Data for this task:

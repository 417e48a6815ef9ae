//! The loop of docs/use/CONDUCTOR.md by which a tool docks between two cycles, as it is there.
use crate::loops::Network;
use hc_conductor::conductor::Conductor;
use hc_events::answer::{Answer, Outcome};
use hc_events::faults::CoreFault;
use hc_records::edit::Edit;
use std::alloc::Global;

/// The most bytes of a frame.
const FRAME: usize = 1514;

/// The number of tries to write a tool's blocks before it is given up.
const TRIES: usize = 2;

/// Carries an edit out, or returns the fault by which it is refused.
fn edit(alloc: Global, conductor: &mut Conductor, edit: &Edit) -> Result<(), CoreFault> {
    match conductor.edit(alloc, edit) {
        Answer::Refused(fault) => Err(fault),
        _ => Ok(()),
    }
}

/// Writes the owed register blocks that fit into one frame. True if each of them was written.
fn is_frame_written<N: Network>(
    alloc: Global,
    conductor: &mut Conductor,
    network: &mut N,
) -> Result<bool, CoreFault> {
    let mut frame = [0; FRAME];
    let writes = conductor.next_writes(&mut frame)?;
    let Some(sent) = frame.get_mut(..writes.size) else {
        return Ok(false);
    };
    network.exchange(sent);
    Ok(match conductor.arrive(alloc, sent) {
        Answer::Written(blocks) => blocks
            .as_slice()
            .iter()
            .all(|block| *block == Outcome::Done),
        Answer::WriteDone => true,
        _ => false,
    })
}

/// Writes all owed register blocks. False if a frame misses one.
fn are_written<N: Network>(
    alloc: Global,
    conductor: &mut Conductor,
    network: &mut N,
) -> Result<bool, CoreFault> {
    for _ in 0..conductor.core().owed() {
        if conductor.core().owed() == 0 {
            return Ok(true);
        }
        if !is_frame_written(alloc, conductor, network)? {
            return Ok(false);
        }
    }
    Ok(conductor.core().owed() == 0)
}

/// Docks a tool between two cycles. True if its blocks are written. If two tries miss a block, the tool is given up, and the
/// line is as it was before.
pub fn dock<N: Network>(
    alloc: Global,
    conductor: &mut Conductor,
    network: &mut N,
    alias: u16,
) -> Result<bool, CoreFault> {
    edit(alloc, conductor, &Edit::Connect(alias))?;
    for _ in 0..TRIES {
        if are_written(alloc, conductor, network)? {
            return Ok(true);
        }
    }
    edit(alloc, conductor, &Edit::Disconnect(alias))?;
    Ok(false)
}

Problem description: Copy range, inclusive: the line holding "of a frame." to the line holding "it is refused.". Reproduce exactly those lines of the records above and no others.

Solved problem:
/// The most bytes of a frame.
const FRAME: usize = 1514;

/// The number of tries to write a tool's blocks before it is given up.
const TRIES: usize = 2;

/// Carries an edit out, or returns the fault by which it is refused.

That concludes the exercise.